Intelligent retrieval, keyword screening, and access to the latest medical information … With the convenient functions brought by big data and artificial intelligence, users can easily experience these services with their fingers. In October, 2023, the standard Yunxiang Station of Taizhou City, Jiangsu Province was officially launched, providing enterprises with genuine, real-time updated and more user-friendly information service support with millions of standard data.

This is an innovative practice of Taizhou to promote the deep integration of digital and intelligent technologies and standards. Throughout Taizhou’s medical and health industry, from online to offline, from "laboratory" to "workshop", the achievements of "intelligent transformation and digital transformation" have moved towards "production line".

Entering the small-volume injection production workshop of Jiangsu Datong Pharmaceutical Co., Ltd. in Taizhou Pharmaceutical High-tech Zone (gaogang district), the automatic production line operates in an orderly manner, and the drug production is efficient, accurate and stable; Through a series of measures such as "replacing machines" and integrated management of information systems, the production plants under Yangzijiang Pharmaceutical Group make the whole process of production more intelligent and digital. Jiangsu Longfengtang Chinese Medicine Co., Ltd. has formed a complete set of modern solutions from pre-treatment to extraction of Chinese herbal medicines, and has created a model of "changing wisdom into several turns" in the field of standardization construction of intelligent manufacturing of Chinese herbal medicines.

The practice in Taizhou shows that at present, data has become an important factor in the medical and health industry, and digital technology has also become a necessary tool for the innovative development of biomedicine. The integration of mathematics and intelligence is indispensable to the innovation and development of the medical and health industry.

In the action of "data elements × scientific and technological innovation", promoting the integration of digital intelligence is also one of the important measures. The "Three-year Action Plan for Data Elements ×" (2024-2026) proposes that scientific data should support technological innovation, focus on biological breeding, new material creation, drug research and development, and accelerate technological innovation and industrial upgrading through the integration of numbers and intelligence.

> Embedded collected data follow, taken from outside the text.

//! Helpers of several test modules, and their form of matches.
ghost use Rattle.std.specs.Prelude.{IfOk};
ghost use Rattle.literal_promise.specs.Together.{IsCovered};

use literal_prefilters::Match;
use literal_prefilters::packed::{Builder, Config, MatchKind, Searcher};
use literal_prefilters::prefilter::{self, Candidate, ConfirmingSearch, Prefilter};
use literal_promise::SearchRequest;
use literal_promise::covered::{Covered, covered_patterns};
use std::alloc::{AllocError, Global};
use std::test::Fail;

/// The number of a pattern, and the offsets of its first byte and after its last byte.
pub type Place = (usize, usize, usize);

pub fn place(found: Match) -> Place {
    (found.pattern().as_usize(), found.start(), found.end())
}

/// The answer of a prefilter: a match, or an offset at which one may begin.
#[derive(Clone, Copy, Debug, PartialEq, Drop)]
pub enum Answer {
    Nothing,
    Start(usize),
    Found(Place),
}

pub fn answer_of(candidate: Candidate) -> Answer {
    match candidate {
        Candidate::None => Answer::Nothing,
        Candidate::Match(found) => Answer::Found(place(found)),
        Candidate::PossibleStartOfMatch(start) => Answer::Start(start),
    }
}

/// Adds patterns one after another.
fn add_all(builder: &mut Builder, patterns: &[&[u8]]) -> Result<(), AllocError> {
    for pattern in patterns {
        builder.add(pattern)?;
    }
    Ok(())
}

pub fn searcher(alloc: Global, kind: MatchKind, patterns: &[&[u8]]) -> Result<Searcher, Fail> {
    let mut builder = Config::new().match_kind(kind).builder(alloc);
    add_all(&mut builder, patterns)?;
    Ok(builder.build()?.ok_or("nothing is built")?)
}

/// A prefilter builder with some patterns.
fn prefilter_builder(
    alloc: Global,
    kind: literal_prefilters::MatchKind,
    ignore_case: bool,
    patterns: &[&[u8]],
) -> Result<prefilter::Builder, AllocError> {
    let mut builder = prefilter::Builder::new(alloc, kind).ascii_case_insensitive(ignore_case);
    for bytes in patterns {
        builder.add(bytes)?;
    }
    Ok(builder)
}

/// The prefilter of some patterns. There has to be one.
pub fn prefilter(
    alloc: Global,
    kind: literal_prefilters::MatchKind,
    ignore_case: bool,
    patterns: &[&[u8]],
) -> Result<Prefilter, Fail> {
    let builder = prefilter_builder(alloc, kind, ignore_case, patterns)?;
    Ok(builder.build()?.ok_or("there is no prefilter")?)
}

/// A confirming search. There has to be one.
pub fn confirming_search(
    alloc: Global,
    kind: MatchKind,
    ignore_case: bool,
    patterns: &[&[u8]],
) -> Result<ConfirmingSearch, Fail> {
    let built = ConfirmingSearch::build(alloc, kind, ignore_case, patterns.iter().copied())?;
    Ok(built.ok_or("there is no prefilter")?)
}

/// Patterns and a prefilter that covers them. There has to be one.
pub fn covered(
    alloc: Global,
    kind: MatchKind,
    ignore_case: bool,
    patterns: &[&[u8]],
) -> Result<Covered, Fail>
    ensures { IfOk result (λ covered. IsCovered ignore_case covered.patterns covered.prefilter) }
{
    let built_for = match kind {
        MatchKind::LeftmostFirst => literal_prefilters::MatchKind::LeftmostFirst,
        MatchKind::LeftmostLongest => literal_prefilters::MatchKind::LeftmostLongest,
    };
    let asked = SearchRequest {
        kind,
        pattern_limit: patterns.len(),
        built_for,
        ignore_case,
        patterns,
    };
    let covered = covered_patterns(alloc, &asked)?;
    Ok(covered.ok_or("there is no prefilter")?)
}

/// The offset that a prefilter by a table proposes.
pub fn proposed(candidate: Candidate) -> Result<Option<usize>, &'static str> {
    match candidate {
        Candidate::None => Ok(None),
        Candidate::PossibleStartOfMatch(start) => Ok(Some(start)),
        Candidate::Match(_) => Err("a table of bytes confirms no match"),
    }
}

/// Spans of a haystack of five bytes.
pub const SPANS: [(usize, usize); 5] = [(0, 5), (1, 5), (0, 4), (2, 4), (3, 3)];

/// A haystack of five bytes, with the digits of a number below 3125.
pub fn bytes_of(number: usize) -> [u8; 5] {
    let digits = b"abcKQ";
    [
        digits[number % 5],
        digits[number / 5 % 5],
        digits[number / 25 % 5],
        digits[number / 125 % 5],
        digits[number / 625 % 5],
    ]
}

In recent years, the integration, iteration and diffusion of a new generation of digital intelligence technologies, such as artificial intelligence, blockchain, deep learning, and Internet of Things, have penetrated into R&D, design, manufacturing, customer service and other links, bringing all-round, all-round and full-chain transformation to production technologies and production methods, comprehensively improving the automation, digitalization and intelligence level of the industry, and providing a key driving force for promoting the integration of digital intelligence applications and accelerating the formation of new quality productivity.

Qian Xiaojing, a professor at the School of Economics and Management of Northwest University, believes that data elements, as a new key production factor stored and processed by computer equipment in intangible form in the digital economy era, have the technical and economic characteristics of non-competitiveness, low copying cost, non-exclusiveness and strong externality, and can be reused by different subjects, generating the fusion value of "data+algorithm+computing power" through deconstruction and reorganization, convergence and integration, which provides basic and important resources for consolidating the internal form of digital intelligence integration and accelerating the formation of new quality productivity.

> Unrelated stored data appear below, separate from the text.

//! The automaton compared with the plain search.
ghost use Rattle.literal_base.specs.Occurs.{IsValidSpan};

use crate::asserted::{assert_holds, assert_same};
use crate::made::{Place, SPANS, place};
use crate::plain::leftmost_plainly;
use MatchKind::{LeftmostFirst, LeftmostLongest};
use literal_search::{Match, MatchKind, Search, Span};
use std::alloc::Global;
use std::process::Abort;
use std::test::Fail;

/// Patterns within others, a pattern given twice, letters next to bytes that are no letters, and no pattern.
pub static LISTS: [&[&[u8]]; 9] = [
    &[],
    &[b"a"],
    &[b"A", b"@A", b"[a", b"a`", b"{"],
    &[b"\x80a", b"\xFFA", b"a\xFF"],
    &[b"aA@", b"A@", b"A", b"@"],
    &[b"[", b"a[", b"aa[A", b"a"],
    &[b"a`a", b"a`a", b"`", b"`A"],
    &[b"{{a", b"{a{", b"a{a", b"{"],
    &[b"aAaAa", b"AaA", b"aa", b"Aa\xFF"],
];

/// A haystack of five bytes, with the digits of a number below 625. The last byte is an `a`.
pub fn bytes_of(digits: &[u8; 5], number: usize) -> [u8; 5] {
    [
        digits[number % 5],
        digits[number / 5 % 5],
        digits[number / 25 % 5],
        digits[number / 125 % 5],
        b'a',
    ]
}

/// The answer of the plain search in a span of a haystack of five bytes.
fn plainly(
    patterns: &[&[u8]],
    kind: MatchKind,
    ignore_case: bool,
    haystack: &[u8],
    span: Span,
) -> Option<Place>
    requires { IsValidSpan haystack.now span }
{
    if patterns.len() > 5 {
        return None;
    }
    leftmost_plainly(patterns, kind, ignore_case, haystack, span).map(place)
}

/// Compares in some spans of a haystack.
fn compare_in(
    rt: &impl Abort,
    search: &Search,
    (list, kind, ignore_case): (&[&[u8]], MatchKind, bool),
    haystack: &[u8; 5],
) {
    for (start, end) in SPANS {
        assert_holds(rt, start <= end && end <= 5, "a span");
        let span = Span { start, end };
        let wanted = plainly(list, kind, ignore_case, haystack, span);
        let found = search.find_in(haystack, span).map(place);
        let note = format_args!("{list:?}: {haystack:?} in {span:?}");
        assert_same(rt, found, wanted, note);
    }
}

/// The list of all matches is that of the plain search, each after the previous one.
fn compare_all(
    rt: &impl Abort,
    (list, kind, ignore_case): (&[&[u8]], MatchKind, bool),
    haystack: &[u8; 5],
    all: &[Match],
) {
    let mut start = 0;
    for found in all {
        assert_holds(rt, start <= 5, "behind the end");
        let wanted = plainly(list, kind, ignore_case, haystack, Span { start, end: 5 });
        let note = format_args!("{list:?}: {haystack:?} from {start}");
        assert_same(rt, Some(place(*found)), wanted, note);
        start = found.end();
    }
    assert_holds(rt, start <= 5, "behind the end");
    let last = plainly(list, kind, ignore_case, haystack, Span { start, end: 5 });
    assert_same(
        rt,
        None,
        last,
        format_args!("{list:?}: {haystack:?} from {start}"),
    );
}

/// Compares on all these haystacks, and returns how many there are.
fn compare(
    rt: &impl Abort,
    search: &Search,
    of: (&[&[u8]], MatchKind, bool),
    digits: &[u8; 5],
) -> Result<u32, Fail> {
    let mut haystacks: u32 = 0;
    for number in 0..625 {
        let haystack = bytes_of(digits, number);
        compare_in(rt, search, of, &haystack);
        let all = search.find_all(&haystack)?;
        compare_all(rt, of, &haystack, all.as_slice());
        haystacks = haystacks.wrapping_add(1);
    }
    Ok(haystacks)
}

/// Compares for a list of patterns and a kind of match.
fn assert_list(
    rt: &impl Abort,
    alloc: Global,
    (list, kind, ignore_case): (&[&[u8]], MatchKind, bool),
) -> Result<(), Fail> {
    let search = Search::new(alloc, kind, ignore_case, list.iter().copied())?;
    for digits in [b"aA@[`", b"aA{\x80\xFF"] {
        let haystacks = compare(rt, &search, (list, kind, ignore_case), digits)?;
        assert_same(rt, haystacks, 625, format_args!("{list:?}"));
    }
    Ok(())
}

/// Compares for all lists.
pub fn assert_lists(rt: &impl Abort, alloc: Global) -> Result<(), Fail> {
    for list in &LISTS {
        for kind in [LeftmostFirst, LeftmostLongest] {
            assert_list(rt, alloc, (*list, kind, false))?;
            assert_list(rt, alloc, (*list, kind, true))?;
        }
    }
    Ok(())
}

"On the one hand, the organic integration of data elements and traditional production factors has enriched the expression of digital intelligence integration and changed the way of digital intelligence integration from geographical space to digital space." Qian Xiaojing said, "On the other hand, data elements play the role of’ media’ in the reconfiguration and recombination of traditional production factors, resulting in a new factor processing model and a new form of digital intelligence integration."